The occurrence of tongue thrusting was comparatively low in this study sample and the findings were comparable to the study carried out by Shetty and Munshi among children in Mangalore [12]. Tongue thrusting was at peak in the age group of 9 to 11 years during the mixed dentition stage that repeatedly leads to open spaces, that provokes this habit.

The variations in this study can be characterized according to different age groups as, some oral habits like bruxism, digital sucking and mouth breathing mostly seen in younger age group, whereas nail biting and lip biting in the elder age group. These graphs are related to the study of Massler and Malone [18]. Almonenanitiene et al. also experienced the occurrence of nail biting in elder age group [19]. On contrary, Santos et al. reported that the oral habits were more noticed in young population of Brazil [20].

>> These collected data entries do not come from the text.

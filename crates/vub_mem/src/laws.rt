ghost use Rattle.vub_mem.specs.Laws.{WritesKeepRest, WritesKeepShape, MarksEachPage, MarksMetPages, MarksShow};

use crate::dirty::DirtyLog;
use crate::memory::GuestMemory;

/// Law: a write changes no byte but those of its range. A byte is named by its content and its place there, since two
/// guest addresses may show one byte.
pub fn writes_keep_the_rest()
    ensures { WritesKeepRest }
{}

/// Law: a write keeps the regions, and the length of each content.
pub fn writes_keep_the_shape()
    ensures { WritesKeepShape }
{}

/// Law: in each memory every page of 4096 guest bytes that a range meets in a region with a log is among the marks of
/// the range.
pub fn every_met_page_has_a_mark<L: DirtyLog>(memory: &GuestMemory<L>)
    ensures { MarksEachPage memory.now.guest.regions }
{
    let _regions = memory.regions();
}

/// Law: in each memory a mark is among the marks of a range exactly where some address of the range lies in a region
/// with that log, and in that page.
pub fn marks_are_of_met_pages<L: DirtyLog>(memory: &GuestMemory<L>)
    ensures { MarksMetPages memory.now.guest.regions }
{
    let _regions = memory.regions();
}

/// Law: a log that shows what is marked shows each page of the marks that were made, and each that it showed before.
pub fn marks_are_shown<L: DirtyLog>()
    ensures { MarksShow L.byte_len L.marks }
{}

Furthermore, the quantity of digital sucking was in higher proportion in younger age (7 to 9 years) and the results were consistant with the study by Franco Varas et al. reported thumb sucking as most frequent habits during early age group [21]. However, Pruneda et al. stated that finger sucking practice was the second common habit followed by nail biting among Mexican children [22]. This variation could be due to the psychoanalytic theory as children grow, they tend to follow some habits and some are discarded [23].

Conclusion

The study reported high prevalence of oral habits among the sample and the most frequently occurring one was bruxism followed by mouth breathing. Digital sucking and mouth breathing was mostly observed among younger age group (7 to 9 years). However nail biting and lip biting was commonly noticed in older sample. Also a negative correlation of these habits was seen with age. These graphs also provided a baseline data for planning preventive services in order to diminish the complications.